Google has released a new online visualization tool that lets you dig deep into the metadata of tracks on its Google Play Music service. The Music Timeline makes it possible to chart the popularity of particular genres and artists over time, and of course buy a few digital tracks from Google Play while you’re busy clicking around.
A post by Alison Cichowlas and Tony Lam on the Google Research Blog explores some of the ways in which the Web app can be used: “By clicking on the Metal stripe, we can see the handoff from Classic Metal to Hair Metal to Alt Metal within the growth of the overall genre, as well as some of the most popular artists that composed each subgenre.”

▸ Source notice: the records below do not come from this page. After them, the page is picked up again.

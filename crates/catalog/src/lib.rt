// The domains that ship, by name, and one table of worked cases over all of them.
// A name is what a person writes, as in `nonzero(spans)`; each is a type below.
#![tactic(auto)]

ghost use Rattle.std.specs.Prelude.{◌≡◌};
ghost use Rattle.catalog.specs.Shipped.{shipped};
ghost use Rattle.catalog.specs.Examples.{Examples};
ghost use Rattle.catalog.specs.Names.{anythings};
ghost use Rattle.catalog.specs.Lawful.{shipped-lawful};

mod names;

use domain::Domain;
use layers::nonzero::Nonzero;
use layers::pair::Pair;
use layers::pile::Domains;
pub use names::{DomainName, InDomain, UnknownName, UnknownNumber};
use span::Span;
use stride::Stride;

/// spans
pub type Spans = Span;

/// strides
pub type Strides = Stride;

/// nonzero(spans)
pub type NonzeroSpans = Nonzero<Span>;

/// nonzero(strides)
pub type NonzeroStrides = Nonzero<Stride>;

/// pair(spans,strides)
pub type SpansStrides = Pair<Span, Stride>;

/// pair(strides,spans)
pub type StridesSpans = Pair<Stride, Span>;

/// pair(nonzero(spans),strides)
pub type NonzeroSpansStrides = Pair<Nonzero<Span>, Stride>;

/// nonzero(pair(spans,strides))
pub type NonzeroPair = Nonzero<Pair<Span, Stride>>;

/// pair(spans,nonzero(strides))
pub type SpansNonzeroStrides = Pair<Span, Nonzero<Stride>>;

/// pair(spans,spans)
pub type Spans2 = Pair<Span, Span>;

/// Two pairs of spans.
pub type Spans4 = Pair<Spans2, Spans2>;

/// spans8: eight spans paired, whose cell has 64 bytes, the most that there are.
pub type Spans8 = Pair<Spans4, Spans4>;

/// spans9: nine spans paired, for which there is no cell.
pub type Spans9 = Pair<Spans8, Span>;

/// The domains by number: 0 is spans, 1 strides, and every other the domain that knows nothing.
#[derive(Clone, Copy)]
pub struct Shipped;

// What the theorems over all lawful domains ask of such a family can be met.
impl Domains for Shipped {
    ghost doms = { shipped };

    ghost lawful = { shipped-lawful };
}

/// The widths of eight and of nine spans paired, 64 and 0. The worked cases hold.
pub fn examples_hold() -> (usize, usize)
    ensures widths { result ≡ (64, 0) }
    ensures cases { Examples }
{
    (Spans8::width(), Spans9::width())
}

/// A value of each domain that ships, by its name.
#[derive(Clone, Copy)]
pub struct Named {
    pub spans: Spans,
    pub strides: Strides,
    pub nonzero_spans: NonzeroSpans,
    pub nonzero_strides: NonzeroStrides,
    pub spans_strides: SpansStrides,
    pub strides_spans: StridesSpans,
    pub nonzero_spans_strides: NonzeroSpansStrides,
    pub nonzero_pair: NonzeroPair,
    pub spans_nonzero_strides: SpansNonzeroStrides,
    pub spans2: Spans2,
    pub spans8: Spans8,
    pub spans9: Spans9,
}

/// "Anything" in each domain that ships: each name stands for the domain that it says.
pub fn anything_by_name() -> Named
    ensures { result ≡ anythings }
{
    Named {
        spans: Spans::anything(),
        strides: Strides::anything(),
        nonzero_spans: NonzeroSpans::anything(),
        nonzero_strides: NonzeroStrides::anything(),
        spans_strides: SpansStrides::anything(),
        strides_spans: StridesSpans::anything(),
        nonzero_spans_strides: NonzeroSpansStrides::anything(),
        nonzero_pair: NonzeroPair::anything(),
        spans_nonzero_strides: SpansNonzeroStrides::anything(),
        spans2: Spans2::anything(),
        spans8: Spans8::anything(),
        spans9: Spans9::anything(),
    }
}
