// Laws of signed numbers, for the proofs of the crates above, and what two's complement means: all of it stands in specs/.
#![tactic(auto)]
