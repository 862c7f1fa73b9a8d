// What a firing does to each place of a marking.
#![tactic(auto)]

ghost use Rattle.std.specs.Prelude.{◌≡◌, length, OnOk, OnErr, Ok};
ghost use Rattle.nets.specs.Nets.{fire};
ghost use Rattle.format.specs.Read.{◌>>◌};
ghost use Rattle.firing.specs.Firing.{lowest_short, lowest_over, firing_check};
ghost use Rattle.values.specs.Held.{arcs_in};

use refusals::Refusal;
use terms::Place;
use values::Arcs;

// The lowest place that has fewer tokens than are taken.
pub fn short(tokens: &[u16], taken: &[u8]) -> Result<(), Refusal>
    requires { length taken.now ≡ length tokens.now }
    ensures { result ≡ lowest_short (length tokens.now) taken.now tokens.now }
{
    for (p, held) in tokens.iter().enumerate() {
        if *held < u16::from(taken[p]) {
            return Err(Refusal::NotEnabled(Place(p + 1)));
        }
    }
    Ok(())
}

// The lowest place that would pass the most tokens, once those taken have left.
pub fn over(tokens: &[u16], taken: &[u8], put: &[u8]) -> Result<(), Refusal>
    requires taken { length taken.now ≡ length tokens.now }
    requires put { length put.now ≡ length tokens.now }
    requires enabled { lowest_short (length tokens.now) taken.now tokens.now ≡ Ok tt }
    ensures { result ≡ lowest_over (length tokens.now) (fire (arcs_in taken.now put.now) tokens.now) }
{
    for (p, held) in tokens.iter().enumerate() {
        let left = *held - u16::from(taken[p]);
        if Place::TOKENS - u16::from(put[p]) < left {
            return Err(Refusal::TooManyTokens(Place(p + 1)));
        }
    }
    Ok(())
}

// A firing that no place refuses.
pub fn move_on(tokens: &mut [u16], taken: &[u8], put: &[u8])
    requires taken { length taken.now ≡ length tokens.old }
    requires put { length put.now ≡ length tokens.old }
    requires enabled { lowest_short (length tokens.old) taken.now tokens.old ≡ Ok tt }
    requires room { lowest_over (length tokens.old) (fire (arcs_in taken.now put.now) tokens.old) ≡ Ok tt }
    ensures { tokens.new ≡ fire (arcs_in taken.now put.now) tokens.old }
{
    for (p, held) in tokens.iter_mut().enumerate() {
        *held = *held - u16::from(taken[p]) + u16::from(put[p]);
    }
}

// Fires a transition: the tokens of the net's places move on. A refusal changes none.
pub fn fire(tokens: &mut [u16], arcs: &Arcs<'_>) -> Result<(), Refusal>
    requires { length arcs.now.taken ≡ length tokens.old }
    ensures value { result ≡ firing_check (length tokens.old) arcs.now tokens.old }
    ensures moved { OnOk result (tokens.new ≡ fire arcs.now tokens.old) }
    ensures kept { OnErr result (tokens.new ≡ tokens.old) }
{
    let taken = arcs.taken();
    let put = arcs.put();
    short(tokens, taken)?;
    over(tokens, taken, put)?;
    move_on(tokens, taken, put);
    Ok(())
}
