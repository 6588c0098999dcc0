// service: the calls that a customer's program makes.
//
// Promise: each contract gives the number returned and all that is written as equations with the definitions, for bytes of every length.
// In a contract `result` is the number returned, `x.old` the bytes of x when the call begins, `x.new` those when it ends, and `x.now` those of an
// x that is only read. Nothing is asked of the bytes. The crate service_c exports both calls to C, under the same names and clauses.
//
//   fitting_check    checks a book: refusal × 65,536 + place, or C × 16 + S
//   fitting_run      runs a list of orders over a book: refusal × 65,536 + place, or the number of accepted orders; the answers, 72 bytes
//                    each, in front of the answer space
#![tactic(auto)]

ghost use Rattle.std.specs.Prelude.{◌≡◌, length};
ghost use Rattle.book.specs.Verdicts.{check_result};
ghost use Rattle.runs.specs.Results.{run_result, run_space};

pub fn fitting_check(book: &[u8]) -> u64
    ensures { result ≡ check_result book.now }
{
    match book::check(book) {
        Ok(book) => book.number(),
        Err(refused) => refused.number(),
    }
}

pub fn fitting_run(book: &[u8], orders: &[u8], answers: &mut [u8]) -> u64
    ensures value { result ≡ run_result book.now orders.now (length answers.old) }
    ensures answers_after { answers.new ≡ run_space book.now orders.now answers.old }
{
    match runs::run::run(book, orders, answers) {
        Ok(accepted) => accepted,
        Err(refusal) => refusal.number(),
    }
}
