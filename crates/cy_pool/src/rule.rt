//! The rule that every step on the queue of free numbers keeps.

use crossbeam_queue::RuledArrayQueue;
use crossbeam_queue::protocol::{Join, Lesson, Outcome, Protocol, Split};

/// What a pass knows: 1 where it is the one that makes seats, and else 0; its parts, of which the pass that makes seats
/// keeps one and gives one to each seat; how many numbers and how many seats there are at most; and the number that it has
/// out. No value of it is made.
pub(crate) struct View {
    pub keeper: u64,
    pub parts: u64,
    pub size: u32,
    pub most: u32,
    pub slip: Option<u32>,
}

/// Each number is in the queue or in one slip.
pub(crate) struct EachOnce;

impl Protocol<u32, View> for EachOnce {
    ghost use Rattle.std.specs.Prelude.{◌-◌, ◌^◌, None};
    ghost use Rattle.cy_pool.specs.Rule.{view_of, AreKept};

    ghost holds = { AreKept };

    ghost first = { view_of 1 (2 ^ 32) 0 (2 ^ 32 - 1) None };
}

/// A new number joins, while one pass has all parts.
pub(crate) struct Adds;

impl Outcome<u32, View> for Adds {
    ghost use Rattle.cy_pool.specs.Rule.{view_of};
    ghost use Rattle.std.specs.Prelude.{◌≡◌, ◌+◌};

    ghost then = { λ v x w. w ≡ view_of v.keeper v.parts (v.size + 1) v.most v.slip };
}

/// A number leaves the queue with a slip.
pub(crate) struct Takes;

impl Outcome<u32, View> for Takes {
    ghost use Rattle.std.specs.Prelude.{◌≡◌, ◌<◌, Some};
    ghost use Rattle.cy_pool.specs.Rule.{view_of};

    ghost then = { λ v x w. (w ≡ view_of v.keeper v.parts v.size v.most (Some x)) × (x < v.size) };
}

/// Without a slip of its own, there are fewer numbers out than seats.
impl Lesson<u32, View> for Takes {
    ghost use Rattle.std.specs.Prelude.{◌+◌, ◌<◌, length};

    ghost fact = { λ v items. v.size < length items + v.most };
}

/// A slip's number joins the queue, which then had room for it.
pub(crate) struct Gives;

impl Outcome<u32, View> for Gives {
    ghost use Rattle.std.specs.Prelude.{◌≡◌, None};
    ghost use Rattle.cy_pool.specs.Rule.{view_of};

    ghost then = { λ v x w. w ≡ view_of v.keeper v.parts v.size v.most None };
}

impl Lesson<u32, View> for Gives {
    ghost use Rattle.std.specs.Prelude.{◌<◌, length};

    ghost fact = { λ v items. length items < v.size };
}

/// No pass has more parts than there are.
pub(crate) struct Whole;

impl Lesson<u32, View> for Whole {
    ghost use Rattle.std.specs.Prelude.{◌≤◌, ◌+◌};

    ghost fact = { λ v items. v.parts ≤ v.most + 1 };
}

/// While one pass has all parts, it is to have no seat.
pub(crate) struct NoSeats;

impl Split<View> for NoSeats {
    ghost use Rattle.std.specs.Prelude.{None};
    ghost use Rattle.cy_pool.specs.Rule.{view_of};

    ghost left = { λ v. view_of v.keeper 1 v.size 0 v.slip };

    ghost right = { λ v. view_of 0 0 0 0 None };
}

/// While one pass has all parts, it is to have one seat more.
pub(crate) struct OneSeatMore;

impl Split<View> for OneSeatMore {
    ghost use Rattle.std.specs.Prelude.{◌+◌, None};
    ghost use Rattle.cy_pool.specs.Rule.{view_of};

    ghost left = { λ v. view_of v.keeper (v.parts + 1) v.size (v.most + 1) v.slip };

    ghost right = { λ v. view_of 0 0 0 0 None };
}

/// One part goes to a new pass, or comes back.
pub(crate) struct OnePart;

impl Split<View> for OnePart {
    ghost use Rattle.std.specs.Prelude.{◌-◌, None};
    ghost use Rattle.cy_pool.specs.Rule.{view_of};

    ghost left = { λ v. view_of v.keeper (v.parts - 1) v.size v.most v.slip };

    ghost right = { λ v. view_of 0 1 v.size v.most None };
}

impl Join<View> for OnePart {
    ghost use Rattle.std.specs.Prelude.{◌+◌, None};
    ghost use Rattle.cy_pool.specs.Rule.{view_of};

    ghost both = { λ v w. view_of v.keeper (v.parts + w.parts) v.size v.most v.slip };

    ghost spent = { view_of 0 0 0 0 None };
}

pub(crate) type Numbers = RuledArrayQueue<u32, View, EachOnce>;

“The overall shape of each major genre shows when it hit the scene and when it retreated — for example, R&B has a long history of resurgences, but Electronica is a strictly recent phenomenon. Delve into changes in the vocabulary used to name artists and their work — funk may be over as a genre, but as a band or album name it seems to be timeless. Or search for a particular artist to see the trajectory of their career — contrast U2’s long-running reinvention and re-emergence from the ’80s up to today, versus a one hit wonder like Los del Río’s 1995 Macarena.”
If you’re a music lover, it’s easy to spend a substantial amount of time searching and clicking through to explore the data on offer. You can see when your favorite band were at their biggest, or chart the rise and fall of Brit Pop.
The Music Timeline FAQ explains some of the number-crunching behind the scenes: “The Music Timeline is based on album and artist statistics aggregated from Google Play Music — we define popularity by how many users have an artist or album in their music library. To keep the visualization legible, the overview data is normalized by the total number of albums from that year — this way, you can see and understand the timeline across all the decades.”
The only missing piece to the jigsaw is classical music. “Should a particular concerto recording be dated when Mozart wrote it in 1791, or when the Boston Symphony Orchestra performed it in 2009? Because of this difference, placing classical music on the timeline the same way as contemporary music looks counterintuitive, so it is omitted from this visualization,” explains the FAQ.